> Work order
Which lines of the records below contain the word "crates"? Copy each of them out.

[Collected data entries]
================

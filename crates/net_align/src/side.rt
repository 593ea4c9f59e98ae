//! One side of an aligned pair.
ghost use Rattle.std.specs.Prelude.{◌≡◌, ◌&&◌, not, IfOk, length};
ghost use Rattle.call_order.specs.Order.{IsCallOrder};
ghost use Rattle.net_align.specs.Flattened.{AreClosed};
ghost use Rattle.net_align.specs.Kept.{Flattened};
ghost use Rattle.net_align.specs.Side.{AreGoing, AreMarkedCircuits, IsGiven, IsSide};
ghost use Rattle.net_align.specs.Sights.{is_kept};
ghost use Rattle.net_align.specs.Walked.{AreHolding};
ghost use Rattle.net_model.specs.Faults.{call_lists};
ghost use Rattle.net_model.specs.Rows.{plain_netlist};
ghost use Rattle.plain_netlist.specs.Lists.{AreApart};

use crate::flatten::flatten;
use crate::held::{cut_kept, held_pins};
use crate::numbers::Numbers;
use net_model::Netlist;
use std::alloc::{AllocError, Global};

/// The kept circuits of a netlist, each flattened and cut, in the order given. `marks` has the
/// circuits that the top calls, `holds` those with a device in or below them.
///
/// Linear in what is made: a circuit that goes is appended once for each call.
pub fn align_side(
    alloc: Global,
    netlist: &Netlist,
    order: &[u32],
    marks: &[bool],
    holds: &[bool],
    circuits: &[u32],
) -> Result<Netlist, AllocError>
    ghost given: { Flattened }
    requires given { IsGiven (plain_netlist netlist.now)
        order.now marks.now holds.now circuits.now given }
    requires order { IsCallOrder (call_lists (plain_netlist netlist.now)) order.now }
    requires closed { AreClosed (plain_netlist netlist.now) marks.now }
    requires holds { AreHolding (plain_netlist netlist.now) holds.now }
    requires marked { AreMarkedCircuits (plain_netlist netlist.now) marks.now circuits.now }
    requires apart { AreApart circuits.now }
    ensures { IfOk result (λ side.
        IsSide (plain_netlist netlist.now) circuits.now (plain_netlist side)) }
{
    let numbers = Numbers::of(alloc, circuits, netlist.circuits.len())?;
    let goes = going(alloc, &numbers.places, holds)?;
    let flats = flatten(alloc, netlist, order, marks, &goes)?;
    let held = held_pins(alloc, order, &flats, &numbers.places)?;
    let kept = cut_kept(alloc, circuits, &flats, &numbers.places, &held)?;
    Ok(Netlist { circuits: kept })
}

// The circuits that go into their callers.
fn going(alloc: Global, numbers: &[Option<u32>], holds: &[bool]) -> Result<Vec<bool>, AllocError>
    ensures { IfOk result (λ goes.
        AreGoing numbers.now holds.now (length holds.now) goes.items) }
{
    let mut goes = Vec::with_capacity(alloc, holds.len())?;
    for c in 0..holds.len() {
        goes.push(goes_in(numbers, holds[c], c))?;
    }
    Ok(goes)
}

fn goes_in(numbers: &[Option<u32>], holds: bool, c: usize) -> bool
    ensures { result ≡ (not (is_kept numbers.now c) && holds) }
{
    let kept = match numbers.get(c) {
        Some(number) => number.is_some(),
        None => false,
    };
    !kept && holds
}
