//! A text in the place of a file: beside it first, and there when it is whole.

ghost use Rattle.std.specs.Prelude.{◌≡◌, [], ◌∷◌, List, true, false, IfErr, IfOk, OnOk, is_ok, option_map, string_bytes};
ghost use Rattle.std.specs.Fs.{permissions_mode};
ghost use Rattle.csdf_disk.specs.Contents.{content_text};
ghost use Rattle.csdf_disk.specs.SystemCalls.{Call, Called, Puts, PutsBeside, Says, Steps, part_of, permits, step_of, steps_beside};

use crate::content::Content;
use crate::put_fault::PutFault;
use crate::system::System;
use std::alloc::{AllocError, Global};
use std::fs::{Metadata, Permissions};
use std::io::{self, ErrorKind};

/// What stands at a path.
#[derive(Drop)]
pub(crate) enum There {
    /// Nothing.
    Free,
    /// A plain file with these permissions.
    Plain(Permissions),
    /// Something else, as a FIFO, a folder or a link.
    Other,
}

/// What stands at a path, by what the system tells.
pub(crate) fn there_of(told: io::Result<Metadata>) -> Result<There, PutFault>
    ensures { Says told result }
{
    match told {
        Ok(told) if told.is_file() => Ok(There::Plain(told.permissions())),
        Ok(_) => Ok(There::Other),
        Err(error) if error.kind() == ErrorKind::NotFound => Ok(There::Free),
        Err(_) => Err(PutFault::Device),
    }
}

/// The path beside it at which a file is made before it is put in its place.
pub(crate) fn part_of(alloc: Global, path: &str) -> Result<String, AllocError>
    ensures { IfOk result (λ part. string_bytes part ≡ part_of path.now) }
{
    let mut part = String::from_str(alloc, path)?;
    part.push_str(".part")?;
    Ok(part)
}

/// What the end of a call is for a put.
pub(crate) fn ended(call: io::Result<()>) -> Result<(), PutFault>
    ensures well { OnOk result (is_ok call ≡ true) }
    ensures failed { IfErr result (λ why. (why ≡ PutFault.Device) × (is_ok call ≡ false)) }
{
    if call.is_err() {
        return Err(PutFault::Device);
    }
    Ok(())
}

/// What is done to a part.
#[derive(Clone, Copy)]
enum PartStage<'a> {
    /// It is made or emptied, and this is written to it.
    Write(&'a str, Content<'a>),
    /// It is put in the place of a file.
    Rename(&'a str, &'a str),
}

/// Does one thing to a part.
fn advance<S: System>(system: &mut S, stage: PartStage<'_>) -> Result<(), PutFault>
    ensures { Steps (step_of stage.entry ∷ []) (S.calls system.old) (S.calls system.new) result }
{
    match stage {
        PartStage::Write(part, content) => ended(system.write(part, content)),
        PartStage::Rename(part, path) => ended(system.rename(part, path)),
    }
}

/// Gives a part the permissions of the file that it is to replace, where there is one.
pub(crate) fn permit<S: System>(
    system: &mut S,
    part: &str,
    permissions: Option<Permissions>,
) -> Result<(), PutFault>
    ensures { Steps (permits part.now (option_map permissions_mode permissions)) (S.calls system.old) (S.calls system.new) result }
{
    match permissions {
        Some(permissions) => ended(system.set_permissions(part, permissions)),
        None => Ok(()),
    }
}

/// Writes a text to a part, and puts that in its place when it is whole.
fn put_whole<S: System>(
    system: &mut S,
    part: &str,
    permissions: Option<Permissions>,
    path: &str,
    content: Content<'_>,
) -> Result<(), PutFault>
    ensures { Steps (steps_beside part.now (option_map permissions_mode permissions) path.now (content_text content.entry)) (S.calls system.old) (S.calls system.new) result }
{
    advance(system, PartStage::Write(part, Content::Bytes(&[])))?;
    permit(system, part, permissions)?;
    advance(system, PartStage::Write(part, content))?;
    advance(system, PartStage::Rename(part, path))
}

/// Puts a text beside its place and then there. A part that is not put there is taken away.
fn put_beside<S: System>(
    alloc: Global,
    system: &mut S,
    permissions: Option<Permissions>,
    path: &str,
    content: Content<'_>,
) -> Result<(), PutFault>
    ensures { (calls : List Call) × Called (S.calls system.old) (S.calls system.new) calls
        × PutsBeside (option_map permissions_mode permissions) path.now (content_text content.entry) calls result }
{
    let Ok(part) = part_of(alloc, path) else {
        return Err(PutFault::Memory);
    };
    match put_whole(system, part.as_str(), permissions, path, content) {
        Ok(()) => Ok(()),
        Err(why) => {
            let _ = system.remove_file(part.as_str());
            Err(why)
        }
    }
}

/// Puts a text in the place of a file.
///
/// A plain file is made beside its place, as `PATH.part`, and renamed when it is whole, so that a failure
/// leaves what was there. What is no plain file, as a FIFO or a link, is written to.
pub(crate) fn put_at<S: System>(
    alloc: Global,
    system: &mut S,
    path: &str,
    content: Content<'_>,
) -> Result<(), PutFault>
    ensures { Puts path.now (content_text content.entry) (S.calls system.old) (S.calls system.new) result }
{
    match there_of(system.symlink_metadata(path)) {
        Ok(There::Free) => put_beside(alloc, system, None, path, content),
        Ok(There::Plain(permissions)) => put_beside(
            alloc,
            system,
            Some(permissions),
            path,
            content,
        ),
        Ok(There::Other) => ended(system.write(path, content)),
        Err(why) => Err(why),
    }
}
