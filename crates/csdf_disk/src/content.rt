//! What is written to a file.

/// What is written to a file.
#[derive(Clone, Copy, Debug)]
pub enum Content<'a> {
    /// These bytes.
    Bytes(&'a [u8]),
    /// The text of these tokens, one a line: of it no copy is kept.
    Tokens(&'a [i32]),
}
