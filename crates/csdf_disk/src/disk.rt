//! Files, as the program asks for them.

ghost use Rattle.std.specs.Prelude.{◌≡◌, ℕ, [], ◌∷◌, List, Option, None, Ok, Err, IfErr, IfOk, is_ok};
ghost use Rattle.csdf_disk.specs.Acts.{Act, Asks, Keep, Leave, Locate, Look, Make, Open, Read, Put, Terminal, found, given, made_as, placed};
ghost use Rattle.csdf_disk.specs.Contents.{AreTokensOf, content_text};

use crate::content::Content;
use crate::locate::place_at;
use crate::look::{bytes_at, source_at, token_file_at, tokens_at};
use crate::making::{MadeFile, keep_at, leave_at, make_at};
use crate::place::FilePlace;
use crate::put_fault::PutFault;
use crate::putting::put_at;
use crate::system::HostSystem;
use crate::terminal::is_input_terminal;
use csdf_answers::{TokenFile, ToolFault};
use csdf_bytes::{DeviceFailed, FromReader, InputFault, Intake, Outlet, TokenFault};
use std::alloc::AllocError;
use std::rt::Files;

/// Files by their paths.
pub trait Disk {
    /// A file that is open to be read.
    type Source: Intake + Drop;

    /// A file that is being written.
    type Sink: Outlet + Drop;

    /// What was asked for so far and what came of it, in order, where that is known.
    ghost acts: { Self → Option (List Act) };

    /// All bytes of a file. One that can't be opened is one that fails.
    fn read(&mut self, path: &str) -> Result<Vec<u8>, InputFault>
        ensures { Asks (acts self.old) (acts self.new) (Read path.now (given result) ∷ []) };

    /// The tokens of a file, or the fault of its first faulty line. One that can't be opened is one that
    /// fails. Of its text no copy is kept.
    fn tokens(&mut self, path: &str) -> Result<Result<Vec<i32>, TokenFault>, InputFault>
        ensures read { IfOk result (λ told. (text : List ℕ) × Asks (acts self.old) (acts self.new) (Read path.now (Ok text) ∷ []) × AreTokensOf text told) }
        ensures unread { IfErr result (λ why. Asks (acts self.old) (acts self.new) (Read path.now (Err why) ∷ [])) };

    /// What is found at the path of a token file: no wait for a pipe. The error says that memory ran out.
    fn look(&mut self, path: &str) -> Result<TokenFile, ToolFault>
        ensures found { Asks (acts self.old) (acts self.new) (Look path.now (found result) ∷ []) }
        ensures memory { IfErr result (λ fault. fault ≡ ToolFault.Memory) };

    /// Which file a path stands for: it is neither read nor written.
    fn locate(&mut self, path: &str) -> Result<FilePlace, AllocError>
        ensures { Asks (acts self.old) (acts self.new) (Locate path.now (placed result) ∷ []) };

    /// Puts a file with this content in its place, in that of a file that is there.
    fn put(&mut self, path: &str, content: Content<'_>) -> Result<(), PutFault>
        ensures { Asks (acts self.old) (acts self.new) (Put path.now (content_text content.entry) result ∷ []) };

    /// Opens a file to be read. Of a pipe it waits for the other end.
    fn open(&mut self, path: &str) -> Result<Self::Source, DeviceFailed>
        ensures { Asks (acts self.old) (acts self.new) (Open path.now (is_ok result) ∷ []) };

    /// Makes a file that is to be written: a plain one beside its place, and what is no plain file itself.
    fn make(&mut self, path: &str) -> Result<Self::Sink, PutFault>
        ensures { Asks (acts self.old) (acts self.new) (Make path.now (made_as result) ∷ []) };

    /// Puts a file that was made for this path in its place.
    fn keep(&mut self, path: &str, sink: &Self::Sink) -> Result<(), PutFault>
        ensures { Asks (acts self.old) (acts self.new) (Keep path.now (Self.Sink.written sink.now) result ∷ []) };

    /// Gives a file up that was made for this path: what stood in its place stands there still, and what
    /// is no plain file has what was written.
    fn leave(&mut self, path: &str, sink: &Self::Sink)
        ensures { Asks (acts self.old) (acts self.new) (Leave path.now ∷ []) };

    /// Whether standard input is a terminal.
    fn is_input_terminal(&mut self) -> bool
        ensures { Asks (acts self.old) (acts self.new) (Terminal result ∷ []) };
}

/// The files of the system. What is asked of them is known to no contract here: what each call comes to is
/// told by the function that it is handed on to, over the calls of the system.
#[derive(Clone, Copy)]
pub struct HostDisk<'a, R> {
    rt: &'a R,
}

impl<'a, R: Files + AllocGlobal> HostDisk<'a, R> {
    /// The files that these handles reach.
    pub fn new(rt: &'a R) -> HostDisk<'a, R> {
        HostDisk { rt }
    }
}

impl<R: Files + AllocGlobal> Disk for HostDisk<'_, R> {
    type Source = FromReader<R::File>;

    type Sink = MadeFile<R::File>;

    ghost acts = { λ _. None };

    fn read(&mut self, path: &str) -> Result<Vec<u8>, InputFault> {
        bytes_at(self.rt.alloc(), &mut HostSystem(self.rt), path)
    }

    fn tokens(&mut self, path: &str) -> Result<Result<Vec<i32>, TokenFault>, InputFault> {
        tokens_at(self.rt.alloc(), &mut HostSystem(self.rt), path)
    }

    fn look(&mut self, path: &str) -> Result<TokenFile, ToolFault> {
        token_file_at(self.rt.alloc(), &mut HostSystem(self.rt), path)
    }

    fn locate(&mut self, path: &str) -> Result<FilePlace, AllocError> {
        place_at(self.rt.alloc(), &mut HostSystem(self.rt), path)
    }

    fn put(&mut self, path: &str, content: Content<'_>) -> Result<(), PutFault> {
        put_at(self.rt.alloc(), &mut HostSystem(self.rt), path, content)
    }

    fn open(&mut self, path: &str) -> Result<FromReader<R::File>, DeviceFailed> {
        source_at(&mut HostSystem(self.rt), path)
    }

    fn make(&mut self, path: &str) -> Result<MadeFile<R::File>, PutFault> {
        make_at(self.rt.alloc(), &mut HostSystem(self.rt), path)
    }

    fn keep(&mut self, path: &str, sink: &MadeFile<R::File>) -> Result<(), PutFault> {
        keep_at(&mut HostSystem(self.rt), path, sink)
    }

    fn leave(&mut self, _path: &str, sink: &MadeFile<R::File>) {
        leave_at(&mut HostSystem(self.rt), sink);
    }

    fn is_input_terminal(&mut self) -> bool {
        is_input_terminal(&mut HostSystem(self.rt))
    }
}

================

> Answer to the exercise
filename crates/net_align/src/side.rt
filename crates/csdf_disk/src/content.rt
filename crates/csdf_disk/src/disk.rt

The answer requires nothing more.